** Opening DATA PROVIDED block **

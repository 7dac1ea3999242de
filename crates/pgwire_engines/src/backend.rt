//! The listing of a server's messages.

ghost use Rattle.std.specs.Prelude.{◌≡◌, ◌≢◌, ◌<◌, ◌++◌, length, false, IfOk, IfErr, OnOk, IfSome, map, string_bytes, codes, decimal};
ghost use Rattle.std.specs.Io.KnownBytes.{IsAtEnd, Keeps};
ghost use Rattle.std.specs.List.{flat_map};
ghost use Rattle.pgp_message.specs.Views.{seen};
ghost use Rattle.pgtool_line.specs.Interruptions.{GivesUp, ReadFails};
ghost use Rattle.pgwire_engines.specs.Output.{line, line_of, last_line, BackendOutput};
ghost use Rattle.pgwire_engines.specs.Listing.{ListsPiece};
ghost use Rattle.pgtool_line.specs.Run.{Caused};
ghost use Rattle.pgwire_engines.specs.Command.{Backend, IsCut, IsWritten};

use crate::ports::Input;
use crate::rest::read_rest;
use pgp_base::Memory;
use pgtool_line::fault::Fault;
use pgtool_line::ports::Output;
use pgtool_line::print::put;
use postgres_protocol::Error;
use postgres_protocol::message::backend::{Message, Storage};
use postgres_protocol::session::StreamParser;
use std::io::ErrorKind;

/// How many bytes are read at a time.
const PIECE: usize = 65536;

/// Reads all bytes that a server sent, and then writes a line for each message and each error, and one for
/// what is left. Of the bytes it keeps no more than a piece and a partial frame.
///
/// # Errors
///
/// Returns `Memory` if an allocation fails and `Read` if reading fails, both before anything is written;
/// `Write` if writing or the flush fails, after a front of the listing.
pub fn backend<A: Memory, R: Input, W: Output>(
    alloc: A,
    input: &mut R,
    output: &mut W,
) -> Result<u8, Fault>
    ensures read { OnOk result (IsAtEnd (R.remaining input.new)) }
    ensures written { IfOk result (IsWritten Backend
        (record { input = R.remaining input.old; output = W.contents output.old })
        (record { input = R.remaining input.new; output = W.contents output.new })) }
    ensures status { IfOk result (λ status. status ≡ 0) }
    ensures quiet { IfErr result (λ fault. fault ≢ Fault.Write → Keeps (W.contents output.old) (W.contents output.new)) }
    ensures cut { IfErr result (λ fault. fault ≡ Fault.Write → IsCut Backend
        (record { input = R.remaining input.old; output = W.contents output.old })
        (record { input = R.remaining input.new; output = W.contents output.new })) }
    ensures passed { OnOk result (W.Passed output.new) }
    ensures cause { IfErr result (Caused A.Lacks (ReadFails R.Fails) (GivesUp W.Fails W.Interrupted)) }
{
    let text = listing(alloc, input)?;
    put(text.as_bytes(), output)?;
    Ok(0)
}

/// Reads all bytes, and returns the lines for them.
fn listing<A: Memory, R: Input>(alloc: A, input: &mut R) -> Result<String<A>, Fault>
    ensures read { OnOk result (IsAtEnd (R.remaining input.new)) }
    ensures lines { IfOk result (λ text. IfSome (R.remaining input.old) (λ bytes. BackendOutput bytes (string_bytes text) 0)) }
    ensures cause { IfErr result (Caused A.Lacks (ReadFails R.Fails) ⊥) }
{
    let mut piece = A::list_filled(alloc, 0, PIECE)?;
    lines_of(alloc, input, piece.as_mut_slice())
}

/// Reads all bytes, a piece at a time, and returns the lines for them. What is left after so many pieces that
/// they can't be counted is read at once.
fn lines_of<A: Memory, R: Input>(
    alloc: A,
    input: &mut R,
    piece: &mut [u8],
) -> Result<String<A>, Fault>
    requires { 0 < length piece.old }
    ensures read { OnOk result (IsAtEnd (R.remaining input.new)) }
    ensures lines { IfOk result (λ text. IfSome (R.remaining input.old) (λ bytes. BackendOutput bytes (string_bytes text) 0)) }
    ensures cause { IfErr result (Caused A.Lacks (ReadFails R.Fails) ⊥) }
{
    let mut parser = StreamParser::new(alloc);
    let mut text = String::new(alloc);
    // Bounded, since each function has to end, and a reader may give pieces or be interrupted forever.
    for _ in 0..u64::MAX {
        match input.read_some(piece) {
            Ok(0) => {
                list_rest(parser.stopped(), parser.rest().len(), &mut text)?;
                return Ok(text);
            }
            Ok(n) => list_piece(&piece[..n], &mut parser, &mut text)?,
            Err(e) => match e.kind() {
                ErrorKind::Interrupted => {}
                ErrorKind::OutOfMemory => return Err(Fault::Memory),
                _ => return Err(Fault::Read),
            },
        }
    }
    let last = read_rest(alloc, input)?;
    list_piece(last.as_slice(), &mut parser, &mut text)?;
    list_rest(parser.stopped(), parser.rest().len(), &mut text)?;
    Ok(text)
}

/// Feeds a piece to the parser, and takes its results and adds their lines.
fn list_piece<A: Memory>(
    piece: &[u8],
    parser: &mut StreamParser<A>,
    text: &mut String<A>,
) -> Result<(), Fault>
    requires { parser.old.failed ≡ false }
    ensures lines { OnOk result (ListsPiece piece.now parser.old parser.new (string_bytes text.old) (string_bytes text.new)) }
    ensures fault { IfErr result (λ e. (e ≡ Fault.Memory) × A.Lacks) }
{
    if let Err(_) = parser.feed(piece) {
        return Err(Fault::Memory);
    }
    list(parser.results(), text)?;
    drop(parser.take());
    Ok(())
}

/// Adds a line for each result.
fn list<S: Storage, A: Memory>(
    results: &[Result<Message<S>, Error>],
    text: &mut String<A>,
) -> Result<(), Fault>
    ensures lines { OnOk result (string_bytes text.new ≡ string_bytes text.old ++ flat_map line_of (map seen results.now)) }
    ensures fault { IfErr result (λ e. (e ≡ Fault.Memory) × A.Lacks) }
{
    for read in results {
        match read {
            Ok(message) => put_line(message.name(), text)?,
            Err(e) => put_fault(e.number(), text)?,
        }
    }
    Ok(())
}

/// Adds a line with this word.
fn put_line<A: Memory>(word: &str, text: &mut String<A>) -> Result<(), Fault>
    ensures line { OnOk result (string_bytes text.new ≡ string_bytes text.old ++ line word.now) }
    ensures fault { IfErr result (λ e. (e ≡ Fault.Memory) × A.Lacks) }
{
    A::push_str(text, word)?;
    A::push_char(text, '\n')?;
    Ok(())
}

/// Adds the line of an error with this number.
fn put_fault<A: Memory>(n: u8, text: &mut String<A>) -> Result<(), Fault>
    ensures line { OnOk result (string_bytes text.new ≡ string_bytes text.old ++ line (codes "fault " ++ decimal n)) }
    ensures fault { IfErr result (λ e. (e ≡ Fault.Memory) × A.Lacks) }
{
    A::push_shown(text, format_args!("fault {n}\n"))?;
    Ok(())
}

/// Adds the last line, of so many bytes that are left.
fn list_rest<A: Memory>(stopped: bool, n: usize, text: &mut String<A>) -> Result<(), Fault>
    ensures line { OnOk result (string_bytes text.new ≡ string_bytes text.old ++ last_line stopped n) }
    ensures fault { IfErr result (λ e. (e ≡ Fault.Memory) × A.Lacks) }
{
    if stopped {
        A::push_shown(text, format_args!("stopped rest {n}\n"))?;
    } else {
        A::push_shown(text, format_args!("rest {n}\n"))?;
    }
    Ok(())
}
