//! What the program reads from.

ghost use Rattle.std.specs.Prelude.{◌≡◌, ◌≢◌, ◌++◌, IfErr, IfSome, OnOk};
ghost use Rattle.std.specs.Io.{ReadsAtMost, StartsWith, appended_bytes};
ghost use Rattle.std.specs.Io.KnownBytes.{Consumes, IsAtEnd, ReadConsumes};
ghost use Rattle.std.specs.IoError.{error_kind};
ghost use Rattle.std.specs.declared.io.ErrorKind.{ErrorKind as Kind};

use std::alloc::Allocator;
use std::io::{self, ErrorKind, Read};

/// A reader, any of std's.
pub trait Input: Read {
    /// A call of such a reader failed with an error of this kind, and not because it was interrupted.
    ghost Fails: { Kind → Type 0 };

    /// Reads what comes at once, as `read` does.
    ///
    /// # Errors
    ///
    /// That of the reader.
    fn read_some(&mut self, piece: &mut [u8]) -> io::Result<usize>
        ensures bound { ReadsAtMost result piece.new }
        ensures bytes { ReadConsumes (Self.remaining self.old) (Self.remaining self.new) result piece.new }
        ensures fails { IfErr result (λ e. error_kind e ≢ ErrorKind.Interrupted → Fails (error_kind e)) };

    /// Reads all that is left, as `read_to_end` does.
    ///
    /// # Errors
    ///
    /// That of the reader.
    fn read_rest<A: Allocator>(&mut self, bytes: &mut Vec<u8, A>) -> io::Result<usize>
        ensures appends { StartsWith bytes.new.items bytes.old.items }
        ensures rest { OnOk result (IfSome (Self.remaining self.old) (λ rest. bytes.new.items ≡ bytes.old.items ++ rest)) }
        ensures end { OnOk result (IsAtEnd (Self.remaining self.new)) }
        ensures consumes { Consumes (Self.remaining self.old) (Self.remaining self.new)
            (appended_bytes bytes.old.items bytes.new.items) }
        ensures fails { IfErr result (λ e. Fails (error_kind e)) };
}

/// Of its failures nothing is said: any call may fail.
impl<R: Read> Input for R {
    ghost Fails = { λ _. Unit {0} };

    fn read_some(&mut self, piece: &mut [u8]) -> io::Result<usize> {
        self.read(piece)
    }

    fn read_rest<A: Allocator>(&mut self, bytes: &mut Vec<u8, A>) -> io::Result<usize> {
        self.read_to_end(bytes)
    }
}
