//! What is said of a fault on standard error.

ghost use Rattle.std.specs.Prelude.{◌≡◌};
ghost use Rattle.pgwire_engines.specs.Command.{complaint_of};

use pgtool_line::fault::Fault;

/// The line that reports it.
pub fn complaint(fault: Fault) -> &'static str
    ensures { result.now ≡ complaint_of fault }
{
    match fault {
        Fault::Memory => "pgwire: out of memory\n",
        Fault::Read => "pgwire: read failed\n",
        Fault::Write => "pgwire: write failed\n",
    }
}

** Closing DATA PROVIDED block **

_WHAT TO WORK ON_:
Go through the data above and count the lines that hold "IsWritten". Respond with the number and no other words.

_RESPONSE BELOW_:
2